RECORD EXCERPTS START

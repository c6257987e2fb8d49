//! The locks of statements over a small catalog, computed from the definitions.
#![tactic(auto)]

mod cases;

pub use cases::{alterations_are_locked, locks_are_judged, statements_are_locked};
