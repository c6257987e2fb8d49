ghost use Rattle.rules_locks_examples.specs.Alters as alters;
ghost use Rattle.rules_locks_examples.specs.Asked.{AllAre};
ghost use Rattle.rules_locks_examples.specs.Parts as parts;
ghost use Rattle.rules_locks_examples.specs.Schemas as schemas;
ghost use Rattle.rules_locks_examples.specs.Tables as tables;

/// Each statement asks for the locks that stand beside it. It does nothing when it runs.
pub fn statements_are_locked()
    ensures schemas_made { AllAre schemas.made }
    ensures schemas_gone { AllAre schemas.gone }
    ensures listed { AllAre schemas.listed }
    ensures tables_made { AllAre tables.made }
    ensures copied { AllAre tables.copied }
    ensures tables_gone { AllAre tables.gone }
    ensures renewed { AllAre tables.renewed }
    ensures moved { AllAre tables.moved }
{}

/// Each ALTER TABLE, CREATE INDEX and DROP INDEX asks for the locks that stand beside it. It does nothing when it runs.
pub fn alterations_are_locked()
    ensures of_parent { AllAre alters.of_parent }
    ensures of_child { AllAre alters.of_child }
    ensures referring { AllAre alters.referring }
    ensures moved { AllAre alters.moved }
    ensures absent { AllAre alters.absent }
    ensures keyed { AllAre alters.keyed }
{}

/// `partly_known`: each statement asks for the locks that stand beside it where no more is known than stands there. `viewed`: so do
/// the texts of views. `judged`: each list of locks is enough for its statement, or isn't, as stands beside it. It does nothing when
/// it runs.
pub fn locks_are_judged()
    ensures partly_known { AllAre parts.partly_known }
    ensures viewed { AllAre parts.viewed }
    ensures judged { parts.AllAreJudged parts.judged }
{}
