// Nothing runs here. Source 000's contracts, played over every run of commit: specs/Primitives.antt, Body.antt, EventsTold.antt. Source
// 002's clauses on postings,
// publication, the data segment and guards, and its witnesses: specs/Postings.antt, Publication.antt, Segment.antt, GuardsHeld.antt, Witness.antt.

#![tactic(auto)]
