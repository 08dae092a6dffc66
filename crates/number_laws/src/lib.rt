// Nothing runs here: that every commit answers by the table of "Numbers seen" (crate `statements`) stands in specs/.

#![tactic(auto)]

RECORD EXCERPTS END

## WORK INSTRUCTION
Your answer must be the full set of entries, copied exactly.

## YOUR RESPONSE
repository c6257987e2fb8d49
//! The locks of statements over a small catalog, computed from the definitions.
#![tactic(auto)]

mod cases;

pub use cases::{alterations_are_locked, locks_are_judged, statements_are_locked};
repository c6257987e2fb8d49
ghost use Rattle.rules_locks_examples.specs.Alters as alters;
ghost use Rattle.rules_locks_examples.specs.Asked.{AllAre};
ghost use Rattle.rules_locks_examples.specs.Parts as parts;
ghost use Rattle.rules_locks_examples.specs.Schemas as schemas;
ghost use Rattle.rules_locks_examples.specs.Tables as tables;

/// Each statement asks for the locks that stand beside it. It does nothing when it runs.
pub fn statements_are_locked()
    ensures schemas_made { AllAre schemas.made }
    ensures schemas_gone { AllAre schemas.gone }
    ensures listed { AllAre schemas.listed }
    ensures tables_made { AllAre tables.made }
    ensures copied { AllAre tables.copied }
    ensures tables_gone { AllAre tables.gone }
    ensures renewed { AllAre tables.renewed }
    ensures moved { AllAre tables.moved }
{}

/// Each ALTER TABLE, CREATE INDEX and DROP INDEX asks for the locks that stand beside it. It does nothing when it runs.
pub fn alterations_are_locked()
    ensures of_parent { AllAre alters.of_parent }
    ensures of_child { AllAre alters.of_child }
    ensures referring { AllAre alters.referring }
    ensures moved { AllAre alters.moved }
    ensures absent { AllAre alters.absent }
    ensures keyed { AllAre alters.keyed }
{}

/// `partly_known`: each statement asks for the locks that stand beside it where no more is known than stands there. `viewed`: so do
/// the texts of views. `judged`: each list of locks is enough for its statement, or isn't, as stands beside it. It does nothing when
/// it runs.
pub fn locks_are_judged()
    ensures partly_known { AllAre parts.partly_known }
    ensures viewed { AllAre parts.viewed }
    ensures judged { parts.AllAreJudged parts.judged }
{}
// Nothing runs here. Source 000's contracts, played over every run of commit: specs/Primitives.antt, Body.antt, EventsTold.antt. Source
// 002's clauses on postings,
// publication, the data segment and guards, and its witnesses: specs/Postings.antt, Publication.antt, Segment.antt, GuardsHeld.antt, Witness.antt.

#![tactic(auto)]
repository 08dae092a6dffc66
filename crates/number_laws/src/lib.rt
// Nothing runs here: that every commit answers by the table of "Numbers seen" (crate `statements`) stands in specs/.

#![tactic(auto)]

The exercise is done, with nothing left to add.